The difference in executive functioning between the children was stark. If R sat in our office space to avoid drifting into her own imagination, and with frequent teacher check-ins, she could navigate her way through the day. We did find a need to spend additional time with her on math, a strong focus of the school, to make sure she made headway – and she did. B, on the other hand, required constant check-ins and computer navigation to make sure he stayed on task. We also discovered that while he had the ability to, he had not been pushing his reading. He’s a charmer – and had clearly pulled the wool over the teacher’s eyes. Forcing him to read aloud every day and eventually being sucked into Harry Potter has transformed him into a serious reader – a silver lining to the whole affair.
By the first week in June, however, R and B were done. Cooked. Finished. Tired, defiant and not themselves. Enough Zoom and Google classroom – they wanted the woodshop and the innovation lab to be working with their hands. They wanted to goof off at the lunch table, hang with the middle schoolers, and RUN to be the first outside to claim a rope swing or a space for cut-throat four square. One day we walked by our local school playground (closed of course) and R stopped and took my hand. “Mama, I miss school. When can we go back?” I nearly cried. Very soon, I hope.

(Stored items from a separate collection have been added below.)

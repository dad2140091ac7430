//! Leaves looked for by the page that they name, or by their place, in a tree that stands at the front of bytes.
ghost use Rattle.std.specs.Prelude.{◌≡◌, ◌+◌, length, None, IfErr, IfOk, IfSome, MatchOption, option_map};
ghost use Rattle.std.specs.List.{slice_get};
ghost use Rattle.hb_frag.specs.Leaves.{IsWellCut, leaves_of};
ghost use Rattle.hb_view.specs.Naming.{named_box, StopsAtLeaf};
ghost use Rattle.hb_view.specs.Seen.{tree_seen, rest_seen, area_seen};
ghost use Rattle.hb_view.specs.Views.{ShowsLeaf};

use crate::LeafView;
use crate::bounds::Bounds;
use crate::lists::rest_behind_list;
use crate::roots::{Root, root_of};
use crate::trees::{Inside, ListView, TreeView};
use hb_space::Area;

/// Goes over a tree with this box, to the first leaf that is this one. There it stops, and the box is the leaf's. Where no
/// leaf is, the box stays as it is.
fn past_named<'a>(tree: &TreeView<'a>, bounds: &mut Bounds, sought: LeafView) -> Option<&'a [u8]>
    requires well_cut { IsWellCut (tree_seen tree.now) bounds.old }
    ensures stops { StopsAtLeaf (named_box sought (leaves_of (tree_seen tree.now) bounds.old))
        bounds.new (rest_seen tree.now) (option_map (λ b. b.now) result) }
    ensures same { IfSome result (λ b. bounds.new ≡ bounds.old) }
{
    let k = tree.k;
    match root_of(tree) {
        Root::Cut { axis, value, left } => {
            let greatest = bounds.take_below(axis, value);
            let right = past_named(&TreeView { k, bytes: left }, bounds, sought)?;
            bounds.put_hi(axis, greatest);
            let least = bounds.take_from(axis, value);
            let rest = past_named(&TreeView { k, bytes: right }, bounds, sought)?;
            bounds.put_lo(axis, least);
            Some(rest)
        }
        Root::Records { count, first } => Some(rest_behind_list(&ListView { k, count, first })),
        Root::Child { page, rest } => past_tip(LeafView::Child(page), rest, sought),
        Root::Sibling { page, rest } => past_tip(LeafView::Sibling(page), rest, sought),
    }
}

/// The bytes behind a leaf, unless it is the one that is looked for.
fn past_tip(leaf: LeafView, rest: &[u8], sought: LeafView) -> Option<&[u8]>
    ensures { MatchOption (option_map (λ b. b.now) result) (sought ≡ leaf) (λ b. (b ≡ rest.now) × (¬ (sought ≡ leaf))) }
{
    if sought == leaf { None } else { Some(rest) }
}

/// The box of the first leaf from the left that is this one.
pub(crate) fn named_in(inside: &Inside<'_>, sought: LeafView) -> Option<Area>
    requires well_cut { IsWellCut (tree_seen inside.now.tree) (area_seen inside.now) }
    ensures { result ≡ named_box sought (leaves_of (tree_seen inside.now.tree) (area_seen inside.now)) }
{
    let mut bounds = Bounds::of(inside);
    match past_named(&inside.tree, &mut bounds, sought) {
        Some(_) => None,
        None => Some(bounds.area()),
    }
}

/// Goes over a tree with this box, to the leaf at this place from the left. There it stops, and the box is the leaf's. Where
/// the tree has fewer leaves, the box stays as it is, and it hands on the place behind it.
fn past_place<'a>(
    tree: &TreeView<'a>,
    bounds: &mut Bounds,
    place: u32,
) -> Result<(u32, &'a [u8]), LeafView>
    requires well_cut { IsWellCut (tree_seen tree.now) bounds.old }
    ensures leaf { IfErr result (λ view. ShowsLeaf
        (slice_get (leaves_of (tree_seen tree.now) bounds.old) place)
        view bounds.new) }
    ensures past { IfOk result (λ r. place ≡ length (leaves_of (tree_seen tree.now) bounds.old) + r.0) }
    ensures rest { IfOk result (λ r. r.1.now ≡ rest_seen tree.now) }
    ensures same { IfOk result (λ r. bounds.new ≡ bounds.old) }
{
    let k = tree.k;
    match root_of(tree) {
        Root::Cut { axis, value, left } => {
            let greatest = bounds.take_below(axis, value);
            let (behind, right) = past_place(&TreeView { k, bytes: left }, bounds, place)?;
            bounds.put_hi(axis, greatest);
            let least = bounds.take_from(axis, value);
            let further = past_place(&TreeView { k, bytes: right }, bounds, behind)?;
            bounds.put_lo(axis, least);
            Ok(further)
        }
        Root::Records { count, first } => {
            if place == 0 {
                return Err(LeafView::Records);
            }
            Ok((place - 1, rest_behind_list(&ListView { k, count, first })))
        }
        Root::Child { page, rest } => past_one(LeafView::Child(page), rest, place),
        Root::Sibling { page, rest } => past_one(LeafView::Sibling(page), rest, place),
    }
}

/// The place behind a leaf and the bytes behind it, unless the place is its own.
fn past_one(leaf: LeafView, rest: &[u8], place: u32) -> Result<(u32, &[u8]), LeafView>
    ensures leaf { IfErr result (λ view. (place ≡ 0) × (view ≡ leaf)) }
    ensures past { IfOk result (λ r. place ≡ 1 + r.0) }
    ensures rest { IfOk result (λ r. r.1.now ≡ rest.now) }
{
    if place == 0 {
        return Err(leaf);
    }
    Ok((place - 1, rest))
}

/// The leaf at this place from the left with its box. `None` behind the last leaf.
pub(crate) fn leaf_of_place(inside: &Inside<'_>, place: u32) -> Option<(LeafView, Area)>
    requires well_cut { IsWellCut (tree_seen inside.now.tree) (area_seen inside.now) }
    ensures { MatchOption result (slice_get (leaves_of (tree_seen inside.now.tree) (area_seen inside.now)) place ≡ None)
        (λ r. ShowsLeaf (slice_get (leaves_of (tree_seen inside.now.tree) (area_seen inside.now)) place) r.0 r.1) }
{
    let mut bounds = Bounds::of(inside);
    match past_place(&inside.tree, &mut bounds, place) {
        Ok(_) => None,
        Err(leaf) => Some((leaf, bounds.area())),
    }
}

Regan – mom to son O, 9 years old
During the three long months of distance learning I observed through my 9-year old son the missed opportunities of learning in the spaces in between the classroom. Not without struggle, we were able to fulfill the daily reading, writing, and math assignments on Zoom and Seesaw, but what we could not replicate at home were the key moments in between learning the “3 R’s” where social and emotional learning happen. Opportunities for creativity, critical thinking, communication, and collaboration with classmates were absent. It is at the lunch table where a sandwich crust transforms into a Space X rocket ship; throwing an arm around a friend’s shoulder while walking down the hallway is an unspoken signal that “I’ve got your back”; on the playground a disagreement over who kicked the ball first is an opportunity to learn conflict resolution. These things did not happen at home, alone, while mom and dad were working.

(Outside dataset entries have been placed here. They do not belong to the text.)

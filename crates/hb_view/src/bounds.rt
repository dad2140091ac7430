//! A box that becomes one of its sides, and itself again.
ghost use Rattle.std.specs.Prelude.{◌≡◌, ◌<◌, ◌≤◌, length, slice_index, slice_set, IfSome};
ghost use Rattle.hb_space.specs.Boxes.{Cuts, IsArea, side_below, side_from};
ghost use Rattle.hb_page_codec.specs.Reading.{ReadsAs};
ghost use Rattle.hb_page_codec.specs.ReadingFields.{area_at};
ghost use Rattle.hb_view.specs.Seen.{area_seen};

use crate::corners::{Corner, corner_at, from_place, is_ordered, point_read};
use crate::trees::Inside;
use hb_space::{Area, Attributes, Point};
use std::marker::Model;

/// A box as its corners, of which values may be changed.
#[derive(Drop)]
pub(crate) struct Bounds {
    lo: Corner,
    hi: Corner,
}

impl Model for Bounds {
    ghost use Rattle.hb_space.specs.Boxes.{Area, IsArea};

    ghost Value = { Area };

    ghost view = { λ b. record { lo = b.lo.items; hi = b.hi.items } };

    ghost invariant = { λ b. IsArea (record { lo = b.lo.items; hi = b.hi.items }) };
}

impl Bounds {
    /// The box that stands there.
    pub(crate) fn of(inside: &Inside<'_>) -> Bounds
        ensures { result ≡ area_seen inside.now }
    {
        let k = inside.tree.k;
        let hi = from_place(inside.corners, 8 * usize::from(k.number));
        Bounds {
            lo: corner_at(k, inside.corners),
            hi: corner_at(k, hi),
        }
    }

    /// The box of `k` attributes at the front of the bytes, and those behind it.
    #[tactic(auto, unfolding(hb_page_codec::specs::ReadingFields::area_at))]
    pub(crate) fn read(k: Attributes, bytes: &[u8]) -> Option<(Bounds, &[u8])>
        ensures reads { ReadsAs (λ x. (x.0, x.1.now)) result (area_at k.number bytes.now) }
        ensures same { IfSome result (λ x. length x.0.lo ≡ k.number) }
        ensures shorter { IfSome result (λ x. length x.1.now ≤ length bytes.now) }
    {
        let (lo, middle) = point_read(k, bytes)?;
        let (hi, rest) = point_read(k, middle)?;
        if !is_ordered(k, lo, hi) {
            return None;
        }
        let bounds = Bounds {
            lo: corner_at(k, lo),
            hi: corner_at(k, hi),
        };
        Some((bounds, rest))
    }

    /// The box as a value.
    pub(crate) fn area(&self) -> Area
        ensures { result ≡ self.now }
    {
        let (lo, hi) = self.corners();
        match Area::between(Point::new(lo), Point::new(hi)) {
            Some(area) => area,
            None => unreachable!(),
        }
    }

    /// The least values and the greatest ones.
    pub(crate) fn corners(&self) -> (&[u64], &[u64])
        ensures lo { result.0.now ≡ self.now.lo }
        ensures hi { result.1.now ≡ self.now.hi }
        ensures area { IsArea self.now }
    {
        (self.lo.as_slice(), self.hi.as_slice())
    }

    /// Becomes its side below the plane. Hands back the greatest value that it had.
    pub(crate) fn take_below(&mut self, axis: u8, value: u64) -> u64
        requires { Cuts self.old axis value }
        ensures side { self.new ≡ side_below self.old axis value }
        ensures whole { IsArea self.old }
        ensures greatest { result ≡ slice_index self.old.hi axis }
    {
        let at = usize::from(axis);
        let greatest = self.hi.as_slice()[at];
        self.hi.as_mut_slice()[at] = value - 1;
        greatest
    }

    /// Becomes its side from the plane on. Hands back the least value that it had.
    pub(crate) fn take_from(&mut self, axis: u8, value: u64) -> u64
        requires { Cuts self.old axis value }
        ensures side { self.new ≡ side_from self.old axis value }
        ensures whole { IsArea self.old }
        ensures least { result ≡ slice_index self.old.lo axis }
    {
        let at = usize::from(axis);
        let least = self.lo.as_slice()[at];
        self.lo.as_mut_slice()[at] = value;
        least
    }

    /// Gives a side below a plane its greatest value back.
    pub(crate) fn put_hi(&mut self, axis: u8, greatest: u64)
        requires attribute { axis < length self.old.hi }
        requires area { IsArea (record { lo = self.old.lo; hi = slice_set self.old.hi axis greatest }) }
        ensures { self.new ≡ record { lo = self.old.lo; hi = slice_set self.old.hi axis greatest } }
    {
        self.hi.as_mut_slice()[usize::from(axis)] = greatest;
    }

    /// Gives a side from a plane on its least value back.
    pub(crate) fn put_lo(&mut self, axis: u8, least: u64)
        requires attribute { axis < length self.old.lo }
        requires area { IsArea (record { lo = slice_set self.old.lo axis least; hi = self.old.hi }) }
        ensures { self.new ≡ record { lo = slice_set self.old.lo axis least; hi = self.old.hi } }
    {
        self.lo.as_mut_slice()[usize::from(axis)] = least;
    }
}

What did we all see? The missed spaces and moments “in-between.” The opportunities for collaboration and social and emotional growth that come from physical interaction with peers and instructors. We saw children starved for interaction, companionship and hugs from friends. Missed chances to learn from how a friend solves a problem, constructs a sentence, or listens when the teacher is reading. We stumbled our way to the finish line, but the thought of potentially starting the race again in the fall is daunting.
Rebecca Berry, Clair Colburn, Erica Jackson and Regan Shields Ives are with Finegold Alexander Architects.